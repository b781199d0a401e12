//! The copies by which a reopening counts.
ghost use Rattle.std.specs.Prelude.{◌≡◌, IfOk};
ghost use Rattle.smpland_reopening.specs.Kept.{kept_of, kept_on};

use crate::reopening::DocumentReopening;
use sm_server::ShardId;
use std::alloc::{AllocError, Global};

/// What a reopening keeps of the record beside its placement.
#[derive(Drop)]
pub(crate) struct KeptRecord {
    /// The permits of the recorded servers that are down.
    pub permits: Vec<Option<u64>>,
    /// Of each shard, how many copies each acknowledged write surely has.
    pub copies: Vec<u32>,
}

impl DocumentReopening {
    /// How many copies each acknowledged write of a shard surely has: one, if no more are kept.
    pub(crate) fn kept_of(&self, shard: ShardId) -> u32
        ensures { result ≡ kept_of self.now shard }
    {
        match self.kept.get(shard.number() as usize) {
            Some(copies) => *copies,
            None => 1,
        }
    }

    /// The copies by which the reopening counts that replaces this one.
    pub(crate) fn kept_on(&self, alloc: Global) -> Result<Vec<u32>, AllocError>
        ensures { IfOk result (λ kept. kept.items ≡ kept_on self.now) }
    {
        if self.is_confirmed() {
            Ok(Vec::new(alloc))
        } else {
            Vec::from_slice(alloc, &self.kept)
        }
    }
}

####################

◆ Problem statement ◆
Copy out each line of the material that holds the word "ShardId".

◆ Reply ◆
use sm_server::ShardId;
    pub(crate) fn kept_of(&self, shard: ShardId) -> u32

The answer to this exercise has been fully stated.